FOR the first time in many years, Pakistan has adopted a clear cut policy on Afghanistan that truly reflects the national consensus on the issue and has the prospects of safeguarding fundamental national interests.
In his article published in the Washington Post, Prime Minister Imran Khan highlighted different aspects of this policy in a candid manner and strict adherence to the policy would, hopefully, bring positive results in the long run.
Despite repeated pronouncements by all concerned that Pakistan would not grant permission for establishment of the US military bases in the country following withdrawal of its troops from Afghanistan, there are indications that the US was keen to have one on the pretext of monitoring activities of the terrorists and extremists both in Afghanistan and Pakistan.
In this backdrop, the Prime Minister categorically stated that Pakistan was ready to be a partner for peace in Afghanistan with the United States — but as US troops withdraw, the country will avoid risking further conflict.

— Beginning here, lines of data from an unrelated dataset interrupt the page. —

ghost use Rattle.std.specs.Prelude.{◌≡◌, true, map, string_bytes, Some};
ghost use Rattle.s7_cli.specs.Asking.{compiles_a_source, has_workers, takes_image};
ghost use Rattle.s7_cli.specs.Words.{KeepsLimits, command_of, command_value};
ghost use Rattle.s7_cli.specs.Ends.{EndsWithStatus, sink_moments};
ghost use Rattle.s7_cli.specs.Reading.{disk_moments};
ghost use Rattle.s7_cli.specs.StatusTable.{StatusTable};

use crate::bound_command::cmd_bound;
use crate::checking::cmd_check;
use crate::compile_command::cmd_compile;
use crate::failures::{ExitStatus, Failure};
use crate::finish::end_command;
use crate::gen_command::cmd_gen;
use crate::going::cmd_go;
use crate::list_command::cmd_list;
use crate::live_command::cmd_live;
use crate::recheck_command::cmd_recheck;
use crate::run_command::cmd_run;
use crate::translate_command::cmd_translate;
use crate::upgrade_command::cmd_upgrade;
use crate::watch_command::cmd_watch;
use crate::words::{AskedCommand, read_call};
use plc_io::{Files, Gate, Sink};
use std::alloc::Global;
use std::sync::Wait;
use std::thread::Threads;

/// Does what is asked for of a source that is compiled.
fn with_source<F: Files, K: Sink>(
    alloc: Global,
    asked: AskedCommand<'_>,
    files: &mut F,
    out: &mut K,
) -> ExitStatus
    requires { compiles_a_source asked ≡ true }
    ensures ends { let went = disk_moments (F.shown files.old) (F.shown files.new) in
        let took = sink_moments (K.shown out.old) (K.shown out.new) in
        EndsWithStatus (Some (command_value asked.entry)) went took result.code }
    ensures table { let went = disk_moments (F.shown files.old) (F.shown files.new) in
        let took = sink_moments (K.shown out.old) (K.shown out.new) in
        StatusTable (Some (command_value asked.entry)) went took result.code }
{
    match asked {
        AskedCommand::Go {
            source,
            symbols,
            german,
            history,
        } => cmd_go(alloc, source, history, symbols, german, files, out),
        AskedCommand::Check {
            source,
            symbols,
            german,
        } => cmd_check(alloc, source, symbols, german, files, out),
        AskedCommand::Compile {
            source,
            symbols,
            german,
            image,
        } => cmd_compile(alloc, source, image, symbols, german, files, out),
        _ => unreachable!(),
    }
}

/// Does what is asked for with an image and no workers.
fn with_image<F: Files, K: Sink>(
    alloc: Global,
    asked: AskedCommand<'_>,
    files: &mut F,
    out: &mut K,
) -> ExitStatus
    requires image { takes_image asked ≡ true }
    requires limits { KeepsLimits (command_value asked) }
    ensures ends { let went = disk_moments (F.shown files.old) (F.shown files.new) in
        let took = sink_moments (K.shown out.old) (K.shown out.new) in
        EndsWithStatus (Some (command_value asked.entry)) went took result.code }
    ensures table { let went = disk_moments (F.shown files.old) (F.shown files.new) in
        let took = sink_moments (K.shown out.old) (K.shown out.new) in
        StatusTable (Some (command_value asked.entry)) went took result.code }
{
    match asked {
        AskedCommand::Run { image, history } => cmd_run(alloc, image, history, files, out),
        AskedCommand::Upgrade { image, upgraded } => cmd_upgrade(
            alloc, image, upgraded, files, out,
        ),
        AskedCommand::ListImage {
            image,
            source,
            symbols,
        } => cmd_list(alloc, image, source, symbols, files, out),
        AskedCommand::Bound { image, certificate } => cmd_bound(
            alloc,
            image,
            certificate,
            files,
            out,
        ),
        AskedCommand::Recheck { image, certificate } => {
            cmd_recheck(alloc, image, certificate, files, out)
        }
        _ => unreachable!(),
    }
}

/// Does what is asked for of workers.
fn with_workers<R: Threads + Wait + Sync, F: Files, K: Sink, G: Gate + Sync>(
    rt: &R,
    alloc: Global,
    asked: AskedCommand<'_>,
    files: &mut F,
    out: &mut K,
    gate: &G,
) -> ExitStatus
    requires workers { has_workers asked ≡ true }
    requires limits { KeepsLimits (command_value asked) }
    ensures ends { let went = disk_moments (F.shown files.old) (F.shown files.new) in
        let took = sink_moments (K.shown out.old) (K.shown out.new) in
        EndsWithStatus (Some (command_value asked.entry)) went took result.code }
    ensures table { let went = disk_moments (F.shown files.old) (F.shown files.new) in
        let took = sink_moments (K.shown out.old) (K.shown out.new) in
        StatusTable (Some (command_value asked.entry)) went took result.code }
{
    match asked {
        AskedCommand::Live {
            image,
            stimuli,
            scripts,
            steps,
        } => cmd_live(
            rt,
            alloc,
            image,
            stimuli,
            scripts.as_slice(),
            steps,
            files,
            out,
            gate,
        ),
        AskedCommand::Watch {
            image,
            stimuli,
            vars,
            scripts,
            steps,
        } => cmd_watch(
            rt,
            alloc,
            image,
            stimuli,
            vars,
            scripts.as_slice(),
            steps,
            files,
            out,
            gate,
        ),
        _ => unreachable!(),
    }
}

/// Does what is asked for.
fn carry_out<R: Threads + Wait + Sync, F: Files, K: Sink, G: Gate + Sync>(
    rt: &R,
    alloc: Global,
    asked: AskedCommand<'_>,
    files: &mut F,
    out: &mut K,
    gate: &G,
) -> ExitStatus
    requires limits { KeepsLimits (command_value asked) }
    ensures ends { let went = disk_moments (F.shown files.old) (F.shown files.new) in
        let took = sink_moments (K.shown out.old) (K.shown out.new) in
        EndsWithStatus (Some (command_value asked.entry)) went took result.code }
    ensures table { let went = disk_moments (F.shown files.old) (F.shown files.new) in
        let took = sink_moments (K.shown out.old) (K.shown out.new) in
        StatusTable (Some (command_value asked.entry)) went took result.code }
{
    match asked {
        AskedCommand::Go { .. } | AskedCommand::Check { .. } | AskedCommand::Compile { .. } => {
            with_source(alloc, asked, files, out)
        }
        AskedCommand::Translate {
            language,
            source,
            translation,
        } => cmd_translate(alloc, language, source, translation, files, out),
        AskedCommand::Run { .. }
        | AskedCommand::Upgrade { .. }
        | AskedCommand::ListImage { .. }
        | AskedCommand::Bound { .. }
        | AskedCommand::Recheck { .. } => with_image(alloc, asked, files, out),
        AskedCommand::Live { .. } | AskedCommand::Watch { .. } => {
            with_workers(rt, alloc, asked, files, out, gate)
        }
        AskedCommand::Gen { number } => cmd_gen(alloc, number, out),
    }
}

/// Does what the words of a call ask for, without the program's name: `go SRC HIST` runs a source
/// along a history, `check SRC` checks a source, `compile SRC IMG` writes its image;
/// `--symbols FILE` gives each of them a file of symbols, and with `--german` the source has German
/// mnemonics and the file German addresses. `english SRC OUT` and `german SRC OUT` translate a
/// source from one to the other. `run IMG HIST` runs an image along a
/// history, `gen NUMBER` a program and a history that are made of a number.
/// `live IMG STIM OPS.. --steps N` has a stepper, a feeder and one to four operators run an image
/// beside each other, each of whom passes `gate` before each entry.
/// `watch IMG STIM VARS OPS.. --steps N` does the same with one to three operators, and a fourth
/// whose replies are viewed beside them. `upgrade IMG IMG2` writes the image of version 2 of what
/// an image holds, `list IMG SRC SYM` a source and a symbols file that compile to its program.
/// `bound IMG CERT` writes the certificate of an image, or tells a chain of calls that is too deep,
/// `recheck IMG CERT` checks a certificate. The status is that of the text that `out` took:
///
/// | Status | When |
/// |---|---|
/// | 0 | done |
/// | 1 | the words are refused |
/// | 2 | the symbols or the source are refused |
/// | 3 | the image is refused |
/// | 4 | the history, the stimuli, the variables, a script or the certificate is refused |
/// | 5 | a file can't be read |
/// | 6 | the sink or an output file couldn't be written |
/// | 7 | memory ran out |
/// | 8 | a file holds a byte past its limit, or a translation or a text of a listing would |
/// | 9 | the listing of the image doesn't compile to its program |
/// | 10 | a chain of calls is too deep, or the certificate doesn't hold |
pub fn s7_main<R: Threads + Wait + Sync, F: Files, K: Sink, G: Gate + Sync>(
    rt: &R,
    alloc: Global,
    words: &[String],
    files: &mut F,
    out: &mut K,
    gate: &G,
) -> ExitStatus
    ensures ends { let went = disk_moments (F.shown files.old) (F.shown files.new) in
        let took = sink_moments (K.shown out.old) (K.shown out.new) in
        EndsWithStatus (command_of (map string_bytes words.now)) went took result.code }
    ensures table { let went = disk_moments (F.shown files.old) (F.shown files.new) in
        let took = sink_moments (K.shown out.old) (K.shown out.new) in
        StatusTable (command_of (map string_bytes words.now)) went took result.code }
{
    match read_call(alloc, words) {
        Ok(Some(asked)) => carry_out(rt, alloc, asked, files, out, gate),
        Ok(None) => end_command(out, Err(Failure::WordsRefused)),
        Err(_) => end_command(out, Err(Failure::NoMemory)),
    }
}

He pointed out that in the past, Pakistan made a mistake by choosing between warring Afghan parties, but it has learned from that experience.

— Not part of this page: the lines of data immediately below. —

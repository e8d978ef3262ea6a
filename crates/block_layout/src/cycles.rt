ghost use Rattle.std.specs.Prelude.{◌≡◌, IfOk, map, length, List, get_or, false, []};
ghost use Rattle.block_layout.specs.Heads.{breach_flags};
ghost use Rattle.block_layout.specs.Types.{Types};
ghost use Rattle.std.specs.List.{flat_map};
ghost use Rattle.stl_ast.specs.declared.blocks.Block.{Block};
ghost use Rattle.block_layout.specs.Rule43.{contains_itself, if_some, leads_to, types_used_by};
ghost use Rattle.block_layout.specs.Cycles.{with_uses_marked, uses_of_all, with_mark, with_marks};

use crate::types::Types;
use plc_base::BlockKind;
use std::alloc::{AllocError, Global};
use stl_ast::{Block, Declaration, ElementType};

/// The data type that an element type uses.
fn type_used_by(types: &Types, of: &ElementType) -> Option<usize>
    ensures { if_some result ≡ types_used_by types.now of.now }
{
    match of {
        ElementType::Udt { name } => types.data_type(name),
        _ => None,
    }
}

/// The data types that declarations use.
fn uses_of(
    alloc: Global,
    types: &Types,
    declarations: &[Declaration],
) -> Result<Vec<usize>, AllocError>
    ensures { IfOk result (λ v. v.items
        ≡ flat_map (λ d. types_used_by types.now d.of.of) declarations.now) }
{
    let mut uses = Vec::new(alloc);
    for declaration in declarations {
        if let Some(block) = type_used_by(types, &declaration.of.of) {
            uses.push(block)?;
        }
    }
    Ok(uses)
}

pub(crate) fn flag_at(flags: &[bool], place: usize) -> bool
    ensures { result ≡ get_or flags.now place false }
{
    if place < flags.len() {
        flags[place]
    } else {
        false
    }
}

/// The data types that each block uses.
pub(crate) fn all_uses(
    alloc: Global,
    types: &Types,
    blocks: &[Block],
) -> Result<Vec<Vec<usize>>, AllocError>
    ensures { IfOk result (λ v. map (λ u. u.items) v.items ≡ uses_of_all types.now blocks.now) }
{
    let mut all = Vec::with_capacity(alloc, blocks.len())?;
    for block in blocks {
        all.push(uses_of(alloc, types, block.components.as_slice())?)?;
    }
    Ok(all)
}

/// Marks a block and notes it, where it isn't marked yet.
fn mark(reached: &mut [bool], found: &mut Vec<usize>, block: usize) -> Result<(), AllocError>
    ensures { IfOk result (λ _. (reached.new, found.new.items)
        ≡ with_mark (reached.old, found.old.items) block) }
{
    if block < reached.len() && !reached[block] {
        found.push(block)?;
        reached[block] = true;
    }
    Ok(())
}

/// Marks blocks one behind the other, and notes those that weren't marked.
fn mark_all(
    reached: &mut [bool],
    found: &mut Vec<usize>,
    blocks: &[usize],
) -> Result<(), AllocError>
    ensures { IfOk result (λ _. (reached.new, found.new.items)
        ≡ with_marks (reached.old, found.old.items) blocks.now) }
{
    for block in blocks {
        mark(reached, found, *block)?;
    }
    Ok(())
}

/// Marks what some blocks use, and gives those that weren't marked.
fn next_uses(
    alloc: Global,
    uses: &[Vec<usize>],
    blocks: &[usize],
    reached: &mut [bool],
) -> Result<Vec<usize>, AllocError>
    ensures { IfOk result (λ found. (reached.new, found.items)
        ≡ with_uses_marked (map (λ u. u.items) uses.now) (reached.old, []) blocks.now) }
{
    let mut found = Vec::new(alloc);
    for block in blocks {
        if *block < uses.len() {
            mark_all(reached, &mut found, uses[*block].as_slice())?;
        }
    }
    Ok(found)
}

/// Whether uses lead from a block back to it: step by step, what is used by the blocks that the
/// step before has found.
pub(crate) fn leads_back(alloc: Global, uses: &[Vec<usize>], to: usize) -> Result<bool, AllocError>
    ensures { IfOk result (λ leads. (y : Types) (blocks : List Block)
        → map (λ u. u.items) uses.now ≡ uses_of_all y blocks
        → leads ≡ leads_to y blocks (length uses.now) to to) }
{
    let mut reached = vec![in alloc; false; uses.len()]?;
    let mut found = Vec::new(alloc);
    found.push(to)?;
    for step in 0..uses.len() {
        let next = next_uses(alloc, uses, found.as_slice(), reached.as_mut_slice())?;
        if next.is_empty() {
            return Ok(flag_at(&reached, to));
        }
        found = next;
    }
    Ok(flag_at(&reached, to))
}

/// Whether the block at a place is a data type that contains itself.
#[tactic(auto, using(crate::proofs::CycleLemmas::contains_by))]
fn contains_itself(
    alloc: Global,
    uses: &[Vec<usize>],
    place: usize,
    block: &Block,
) -> Result<bool, AllocError>
    ensures { IfOk result (λ contains. (y : Types) (blocks before : List Block)
        → map (λ u. u.items) uses.now ≡ uses_of_all y blocks → length before ≡ place
        → contains ≡ contains_itself y blocks before block.now) }
{
    match block.kind {
        BlockKind::Udt => leads_back(alloc, uses, place),
        _ => Ok(false),
    }
}

/// Of each block whether it is a data type that contains itself.
pub(crate) fn cycles(
    alloc: Global,
    types: &Types,
    blocks: &[Block],
) -> Result<Vec<bool>, AllocError>
    ensures { IfOk result (λ v. v.items
        ≡ breach_flags (contains_itself types.now blocks.now) [] blocks.now) }
{
    let uses = all_uses(alloc, types, blocks)?;
    let mut flags = Vec::with_capacity(alloc, blocks.len())?;
    for i in 0..blocks.len() {
        let flag = contains_itself(alloc, uses.as_slice(), i, &blocks[i])?;
        flags.push(flag)?;
    }
    Ok(flags)
}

It has no favourites and will work with any government that enjoys the confidence of the Afghan people as history proves that Afghanistan can never be controlled from the outside.

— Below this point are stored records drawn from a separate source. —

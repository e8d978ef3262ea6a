//! The files of a watch.
ghost use Rattle.std.specs.Prelude.{◌≤◌, length, map};
ghost use Rattle.s7_cli.specs.Command.{watch_inputs};
ghost use Rattle.s7_cli.specs.Inner.{AllRead};
ghost use Rattle.s7_cli.specs.Reading.{disk_moments};
ghost use Rattle.s7_cli.specs.WatchTexts.{watch_contents};

use crate::failures::{Failure, File};
use crate::files::{read_file, read_scripts};
use plc_io::Files;
use std::alloc::Global;

/// What the files of a watch hold.
#[derive(Drop)]
pub struct WatchText {
    /// The image.
    pub image: Vec<u8>,
    /// What the feeder makes.
    pub stimuli: Vec<u8>,
    /// What the last operator reads.
    pub vars: Vec<u8>,
    /// What the other operators ask, in their order.
    pub scripts: Vec<Vec<u8>>,
}

/// Reads an image whole, then stimuli, the variables, and the scripts in their order.
pub fn read_watch<F: Files>(
    alloc: Global,
    files: &mut F,
    image: &str,
    stimuli: &str,
    vars: &str,
    scripts: &[&str],
) -> Result<WatchText, Failure>
    requires { length scripts.now ≤ 3 }
    ensures { AllRead watch_contents (disk_moments (F.shown files.old) (F.shown files.new))
        (watch_inputs image.now stimuli.now vars.now (map (λ s. s.now) scripts.now)) result }
{
    let image = read_file(alloc, files, File::Image, image)?;
    let stimuli = read_file(alloc, files, File::Stimuli, stimuli)?;
    let vars = read_file(alloc, files, File::Vars, vars)?;
    let scripts = read_scripts(alloc, files, scripts)?;
    Ok(WatchText {
        image,
        stimuli,
        vars,
        scripts,
    })
}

In fact, keeping in view the fallout of the Afghan situation on their national interests, different countries of the region and beyond supported their favourites as has also been revealed in the latest reports that India funded, trained and armed the Northern Alliance in Afghanistan.
But events in Afghanistan have proved that the policy of supporting favourites did not succeed and there is now a near consensus on the sharing of power by all segments of Afghan society.
Most of the regional and global powers, with the exception of India, are contributing their share for realization of this cherished objective and the future of Afghanistan hinges on the outcome of these efforts.
Pakistan has demonstrated its sincerity for peace in Afghanistan and a just political settlement by announcing that it has no favourites and would work with any Government that emerges as a result of intra-Afghan dialogue.
As for military bases, the Prime Minister has exploded the rationale being offered by the United States for the purpose by reminding Washington that if it couldn’t win the war from inside Afghanistan after 20 years, how America would do it from bases in our country.
He also legitimately warned that if Pakistan were to agree to host US bases, from which to bomb Afghanistan and an Afghan civil war ensued, Pakistan would be targeted for revenge by terrorists again.
In view of what the Prime Minister has stated in black and white, the world community should focus on spoilers of peace efforts and not on those whose peace credentials are beyond any doubt.